Je couchai mon maître sur mes défenses comme j’avais fait une fois déjà pour le préserver des balles, et, le portant ainsi, au grand ébahissement de la foule, je suivis les agents.

Le commissaire, malgré l’évidence, nous fit subir plusieurs épreuves, pour s’assurer que le fugitif était bien mon possesseur ; mais il conclut que cela ne l’empêchait pas d’être un personnage dangereux, un espion, un émissaire secret de quelques traîtres et qu’il fallait le garder en prison.

Alemguir ne cessait pas de demander à être conduit devant le gouverneur de Beejapour, avec lequel il s’expliquerait ; mais le gouverneur était à la chasse, et les jours passaient sans amener son retour.

Le prince eût subi tous ces ennuis avec patience, si l’idée que Saphir-du-Ciel, ignorant tout de lui, devait mourir d’inquiétude, n’eût torturé son cœur.

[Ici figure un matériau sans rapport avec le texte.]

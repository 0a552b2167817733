//! The claims that a pump holds: of slips that it booked and whose end it owes to the client.
ghost use Rattle.std.specs.Prelude.{◌≡◌, ℕ, ◌-◌, ◌*◌, ◌<◌, ◌≤◌, ◌↔◌, true, false, IsTrue, IfOk, IfSome, IfNone, None, Some, length, slice_index_or, slice_set};
ghost use Rattle.std.specs.Option.{option_map_or};
ghost use Rattle.uas_profile.specs.declared.TheConstants.{STREAMS, TAGS, USUAL_CLIENTS};
ghost use Rattle.tag_desk.specs.Seats.{MadeDesk, Server, IsPumpOf};
ghost use Rattle.uas_work.specs.Held.{AreHeldBy, AreNone, AreUnserved, answered, is_claim_of, unserving};

use crate::Held;
use scsi_cmd::{Buffer, Reply};
use std::alloc::{AllocError, Global};
use tag_desk::{Claim, Desk, Slip, WorkSeat};
use uas_profile::TAGS;

impl Held {
    /// No claims, of a desk for so many clients of 16 tags each (`TAGS`); all room that it ever needs is taken here.
    pub fn new(alloc: Global, clients: usize) -> Result<Held, AllocError>
        requires { clients ≤ USUAL_CLIENTS }
        ensures none { IfOk result AreNone }
        ensures held { IfOk result (λ held. (desk : MadeDesk) (seat : Server) → desk.tags ≡ TAGS → desk.clients ≡ clients → AreHeldBy desk seat held) }
    {
        Held::with_tags(alloc, clients, TAGS)
    }

    /// The same of another number of tags of each client.
    pub fn with_tags(alloc: Global, clients: usize, tags: usize) -> Result<Held, AllocError>
        requires { tags * clients ≤ STREAMS }
        ensures none { IfOk result AreNone }
        ensures held { IfOk result (λ held. (desk : MadeDesk) (seat : Server) → desk.tags ≡ tags → desk.clients ≡ clients → AreHeldBy desk seat held) }
    {
        let all = tags * clients;
        let mut claims = Vec::with_capacity(alloc, all)?;
        for _ in 0..all {
            claims.push(None)?;
        }
        Ok(Held { claims })
    }

    /// Gives every claim back unserved, and holds none then: what a pump does that ends.
    pub fn give_back(&mut self, alloc: Global, desk: &Desk, seat: &mut WorkSeat)
        requires own { IsPumpOf desk.now seat.old }
        requires held { AreHeldBy desk.now seat.old self.old }
        ensures ends { AreUnserved seat.old self.old seat.new }
        ensures none { AreNone self.new }
        ensures own { IsPumpOf desk.now seat.new }
        ensures held { AreHeldBy desk.now seat.new self.new }
    {
        for place in 0..self.len() {
            self.give_back_one(alloc, desk, seat, place);
        }
    }

    /// Gives the claim at a place back unserved, where one is held.
    fn give_back_one(&mut self, alloc: Global, desk: &Desk, seat: &mut WorkSeat, place: usize)
        requires own { IsPumpOf desk.now seat.old }
        requires held { AreHeldBy desk.now seat.old self.old }
        requires place { place < length self.old }
        ensures seat { seat.new ≡ unserving (slice_index_or self.old place None) seat.old }
        ensures taken { self.new ≡ slice_set self.old place None }
        ensures own { IsPumpOf desk.now seat.new }
        ensures held { AreHeldBy desk.now seat.new self.new }
    {
        if let Some(claim) = self.take(place) {
            let ticket = claim.ticket();
            let buffer = Buffer::empty(alloc);
            desk.finish(seat, claim, Slip::Unserved { ticket, buffer });
        }
    }

    /// How many places it has.
    fn len(&self) -> usize
        ensures { result ≡ length self.now }
    {
        self.claims.len()
    }

    /// Finishes the claim of a reply's tag and ticket with the reply, where it is held.
    pub(crate) fn answer(&mut self, desk: &Desk, seat: &mut WorkSeat, reply: Reply)
        requires own { IsPumpOf desk.now seat.old }
        requires held { AreHeldBy desk.now seat.old self.old }
        ensures pump { record { seat = seat.new; held = self.new } ≡ answered (Some reply) (record { seat = seat.old; held = self.old }) }
        ensures own { IsPumpOf desk.now seat.new }
        ensures held { AreHeldBy desk.now seat.new self.new }
    {
        let place = usize::from(reply.tag()).saturating_sub(1);
        if !self.is_of(place, &reply) {
            return;
        }
        if let Some(claim) = self.take(place) {
            desk.finish(seat, claim, Slip::Answer(reply));
        }
    }

    /// Whether the claim at a place is held, and of the reply's tag and ticket.
    fn is_of(&self, place: usize, reply: &Reply) -> bool
        ensures { result ≡ option_map_or (is_claim_of reply.now) (slice_index_or self.now place None) false }
    {
        match self.claims.get(place) {
            Some(Some(claim)) => claim.tag() == reply.tag() && claim.ticket() == reply.ticket(),
            _ => false,
        }
    }

    /// Whether no claim of a tag is held.
    pub(crate) fn is_free(&self, tag: u16) -> bool
        requires low { 1 ≤ tag }
        requires within { tag ≤ length self.now }
        ensures { IsTrue result ↔ (slice_index_or self.now (tag - 1) None ≡ None) }
    {
        self.claims[usize::from(tag) - 1].is_none()
    }

    /// Holds a claim.
    pub(crate) fn put(&mut self, claim: Claim)
        requires low { 1 ≤ claim.tag }
        requires within { claim.tag ≤ length self.old }
        ensures { self.new ≡ slice_set self.old (claim.tag - 1) (Some claim) }
    {
        let place = usize::from(claim.tag()) - 1;
        self.claims[place] = Some(claim);
    }

    /// The claim at a place, which is held no longer.
    fn take(&mut self, place: usize) -> Option<Claim>
        requires { place < length self.old }
        ensures claim { result ≡ slice_index_or self.old place None }
        ensures rest { self.new ≡ slice_set self.old place None }
    {
        self.claims[place].take()
    }
}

La retraite de l’armée avait dû lui apprendre la défaite et la captivité de son époux. Mais depuis, elle ne savait plus rien, elle pouvait le croire mort, ne pas vouloir lui survivre.

Il revint enfin, ce gouverneur, et tout de suite le prince comprit qu’il s’entendrait avec lui.

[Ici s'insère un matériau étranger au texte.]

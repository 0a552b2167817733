//! The controller for C: rings, buffers, an xHCI controller and a device without a host, over one call with a door.
ghost use Rattle.std.specs.Prelude.{◌≡◌, length};
ghost use Rattle.uas_controller.specs.Machine.{IsOpening};
ghost use Rattle.uas_profile.specs.declared.TheConstants.{GREATEST_TAG};
ghost use Rattle.uas_device_c.specs.ControllerCall.{after_context, after_event, after_lend, after_put, after_read, after_reclaim, after_step_call};
ghost use Rattle.uas_device_c.specs.ControllerCall.{after_take_back, after_write, controller_answer, ring_context, ring_put, ring_reclaimed};
ghost use Rattle.uas_device_c.specs.ControllerCall.{step_by, with_acted, with_event};

mod door;
mod handle;

use crate::controller::door::{
    ControllerCall, ControllerStep, ITEM_BYTES, Ring, SHOWN, UasControllerDoor, call_numbered,
    refusal_number, ring_numbered, step_numbered,
};
use crate::device::{contents_of, medium_of};
use block_unit::Unit;
use c_common::faults::{
    CONTROLLER_CALL, CONTROLLER_LENGTH, CONTROLLER_RING, CONTROLLER_STEP, CONTROLLER_TAG, NO_MEMORY,
};
use c_common::{OfUnits, show};
use event_ring::Event;
use std::alloc::{AllocError, Global};
use std::marker::Model;
use uas_controller::{Machine, Refusal};
use uas_profile::{STREAMS, WINDOW_BYTES};
use xhci_ctl::Acted;

/// A machine, and the memory that what is lent to it is copied to.
#[derive(Drop)]
pub(crate) struct KeptMachine {
    machine: Machine,
    alloc: Global,
}

impl Model for KeptMachine {
    ghost use Rattle.uas_controller.specs.Machine.{MachineState};

    ghost Value = { MachineState };

    ghost view = { λ kept. kept.machine };
}

impl OfUnits for KeptMachine {
    ghost is_of = { IsOpening GREATEST_TAG };

    fn of_units(alloc: Global, units: Vec<Unit>) -> Result<KeptMachine, AllocError> {
        let machine = Machine::new(alloc, units)?;
        Ok(KeptMachine { machine, alloc })
    }
}

/// The call that a door names: the number of its refusal, or 0.
pub(crate) fn serve(kept: &mut KeptMachine, door: &mut UasControllerDoor, bytes: &mut [u8]) -> u8
    ensures { (result, (kept.new, (door.new, bytes.new))) ≡ controller_answer result kept.old door.old bytes.old }
{
    let Some(call) = call_numbered(door.call) else {
        return CONTROLLER_CALL;
    };
    match call {
        ControllerCall::Put => put(&mut kept.machine, door, bytes),
        ControllerCall::Doorbell => {
            kept.machine.doorbell(door.value);
            0
        }
        ControllerCall::Step => take_step(&mut kept.machine, door),
        ControllerCall::Event => take_event(&mut kept.machine, door),
        ControllerCall::Write => write(&mut kept.machine, door, bytes),
        ControllerCall::Read => read(&kept.machine, door, bytes),
        ControllerCall::Lend => lend(&mut kept.machine, kept.alloc, door, bytes),
        ControllerCall::TakeBack => take_back(&mut kept.machine, door, bytes),
        ControllerCall::Reclaim => reclaim(&mut kept.machine, door),
        ControllerCall::Context => show_context(&kept.machine, door, bytes),
        ControllerCall::Blocks => show(
            SHOWN,
            contents_of(kept.machine.device(), door.unit),
            u64::from(door.lba),
            bytes,
        ),
        ControllerCall::Medium => show(
            SHOWN,
            medium_of(kept.machine.device(), door.unit),
            u64::from(door.lba),
            bytes,
        ),
    }
}

fn put(machine: &mut Machine, door: &mut UasControllerDoor, bytes: &[u8]) -> u8
    ensures { (result, (machine.new, door.new)) ≡ after_put machine.old door.old bytes.now }
{
    if bytes.len() != ITEM_BYTES {
        return CONTROLLER_LENGTH;
    }
    let Some(ring) = ring_numbered(door) else {
        return CONTROLLER_RING;
    };
    match put_on(machine, ring, door.stream, bytes) {
        Ok(address) => {
            door.address = address;
            0
        }
        Err(refusal) => refusal_number(refusal),
    }
}

/// Puts an item on a ring.
fn put_on(machine: &mut Machine, ring: Ring, stream: u16, bytes: &[u8]) -> Result<u64, Refusal>
    requires { length bytes.now ≡ ITEM_BYTES }
    ensures { ring_put machine.old stream bytes.now ring ≡ (machine.new, result) }
{
    let mut item = [0; ITEM_BYTES];
    item.copy_from_slice(bytes);
    match ring {
        Ring::Of(pipe) => machine.put_raw(pipe, stream, &item),
        Ring::Commands => machine.put_raw_commands(&item),
    }
}

fn reclaim(machine: &mut Machine, door: &UasControllerDoor) -> u8
    ensures { (result, (machine.new, door.now)) ≡ after_reclaim machine.old door.now }
{
    let Some(ring) = ring_numbered(door) else {
        return CONTROLLER_RING;
    };
    match reclaim_on(machine, ring, door.stream, door.address) {
        Ok(()) => 0,
        Err(refusal) => refusal_number(refusal),
    }
}

fn reclaim_on(machine: &mut Machine, ring: Ring, stream: u16, address: u64) -> Result<(), Refusal>
    ensures { ring_reclaimed machine.old stream address ring ≡ (machine.new, result) }
{
    match ring {
        Ring::Of(pipe) => machine.reclaim(pipe, stream, address),
        Ring::Commands => machine.reclaim_commands(address),
    }
}

fn show_context(machine: &Machine, door: &UasControllerDoor, bytes: &mut [u8]) -> u8
    ensures { (result, (machine.now, (door.now, bytes.new))) ≡ after_context machine.now door.now bytes.old }
{
    if bytes.len() != ITEM_BYTES {
        return CONTROLLER_LENGTH;
    }
    let Some(ring) = ring_numbered(door) else {
        return CONTROLLER_RING;
    };
    match context_on(machine, ring, door.stream) {
        Ok(context) => {
            bytes.copy_from_slice(&context);
            0
        }
        Err(refusal) => refusal_number(refusal),
    }
}

fn context_on(machine: &Machine, ring: Ring, stream: u16) -> Result<[u8; ITEM_BYTES], Refusal>
    ensures { result ≡ ring_context machine.now stream ring }
{
    match ring {
        Ring::Of(pipe) => machine.context(pipe, stream),
        Ring::Commands => Err(Refusal::NoRing),
    }
}

fn take_step(machine: &mut Machine, door: &mut UasControllerDoor) -> u8
    ensures { (result, (machine.new, door.new)) ≡ after_step_call machine.old door.old }
{
    let Some(step) = step_numbered(door.step) else {
        return CONTROLLER_STEP;
    };
    let acted = step_by(machine, step, door.tag);
    show_acted(door, acted);
    0
}

fn step_by(machine: &mut Machine, step: ControllerStep, tag: u16) -> Acted
    ensures { step_by machine.old tag step ≡ (machine.new, result) }
{
    match step {
        ControllerStep::CommandPipe => machine.command_step(),
        ControllerStep::Data => machine.data_step(tag),
        ControllerStep::Status => machine.status_step(tag),
        ControllerStep::Engine => machine.engine_step(),
    }
}

fn show_acted(door: &mut UasControllerDoor, acted: Acted)
    ensures { door.new ≡ with_acted door.old acted }
{
    match acted {
        Acted::Acted(tag) => {
            door.acted = 1;
            door.tag = tag;
        }
        Acted::Idle => door.acted = 0,
    }
}

fn take_event(machine: &mut Machine, door: &mut UasControllerDoor) -> u8
    ensures { (result, (machine.new, door.new)) ≡ after_event machine.old door.old }
{
    let event = machine.take_event();
    show_event(door, &event);
    0
}

fn show_event(door: &mut UasControllerDoor, event: &Option<Event>)
    ensures { door.new ≡ with_event door.old event.now }
{
    match event {
        None => door.acted = 0,
        Some(
            Event::Transfer {
                pointer,
                residual,
                code,
                endpoint,
                slot,
            },
        ) => {
            door.kind = 32;
            door.value = *residual;
            door.endpoint = *endpoint;
            tell(door, *pointer, *code, *slot);
        }
        Some(
            Event::Command {
                pointer,
                code,
                slot,
            },
        ) => {
            door.kind = 33;
            door.value = 0;
            door.endpoint = 0;
            tell(door, *pointer, *code, *slot);
        }
    }
}

/// Tells what every event has.
fn tell(door: &mut UasControllerDoor, pointer: u64, code: u8, slot: u8)
    ensures { door.new ≡ record door.old { acted = 1; address = pointer; code = code; slot = slot } }
{
    door.acted = 1;
    door.address = pointer;
    door.code = code;
    door.slot = slot;
}

fn write(machine: &mut Machine, door: &UasControllerDoor, bytes: &[u8]) -> u8
    ensures { (result, (machine.new, door.now)) ≡ after_write machine.old door.now bytes.now }
{
    match machine.write(door.address, bytes) {
        Ok(()) => 0,
        Err(refusal) => refusal_number(refusal),
    }
}

fn read(machine: &Machine, door: &UasControllerDoor, bytes: &mut [u8]) -> u8
    ensures { (result, (machine.now, (door.now, bytes.new))) ≡ after_read machine.now door.now bytes.old }
{
    match machine.read(door.address, bytes.len()) {
        Ok(found) => {
            bytes.copy_from_slice(found);
            0
        }
        Err(refusal) => refusal_number(refusal),
    }
}

fn lend(machine: &mut Machine, alloc: Global, door: &UasControllerDoor, bytes: &[u8]) -> u8
    ensures { (result, (machine.new, door.now)) ≡ after_lend result machine.old door.now bytes.now }
{
    if door.tag == 0 || door.tag > STREAMS {
        return CONTROLLER_TAG;
    }
    if bytes.len() > WINDOW_BYTES {
        return CONTROLLER_LENGTH;
    }
    let Ok(copy) = Vec::from_slice(alloc, bytes) else {
        return NO_MEMORY;
    };
    match machine.lend(door.tag, copy) {
        Ok(()) => 0,
        Err((refusal, _)) => refusal_number(refusal),
    }
}

fn take_back(machine: &mut Machine, door: &mut UasControllerDoor, bytes: &mut [u8]) -> u8
    ensures { (result, (machine.new, (door.new, bytes.new))) ≡ after_take_back machine.old door.old bytes.old }
{
    match machine.take_back(door.tag, bytes.len()) {
        Ok(lent) => {
            bytes[..lent.len()].copy_from_slice(&lent);
            door.value = lent.len() as u32;
            0
        }
        Err(refusal) => refusal_number(refusal),
    }
}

Sir Percy Murray était un homme maigre et long, à barbe blanche, avec des yeux bleus, gais et vifs, des manières affables et un air de bonté et de franchise.

Après qu’Alemguir lui eut dit qui il était, lui eut montré son sceau royal et conté ses revers et ses aventures, le gouverneur exprima tous ses regrets des ennuis que ses subalternes, par excès de zèle, lui avaient causé en son absence, et il invita le prince à venir habiter chez lui, à Jasmin-Cottage, aux environs de la ville.

Mon maître le suppliait de lui fournir les moyens de retourner à Golconde, où son absence pouvait causer de grands malheurs ; mais sir Percy Murray, malgré toute sa courtoisie, ne pouvait, à ce qu’il affirmait, laisser un inconnu s’éloigner sans être assuré de son identité ; il serait blâmé en haut lieu et risquerait d’être destitué, disait-il. Mais il pria le prince d’écrire à sa femme et de lui dire d’envoyer à Beejapour plusieurs notables personnages de Golconde et un témoin anglais, si cela était possible, pour venir reconnaître le prince, et, qu’aussitôt la preuve faite qu’il était bien celui qu’il disait être, on lui rendrait la liberté.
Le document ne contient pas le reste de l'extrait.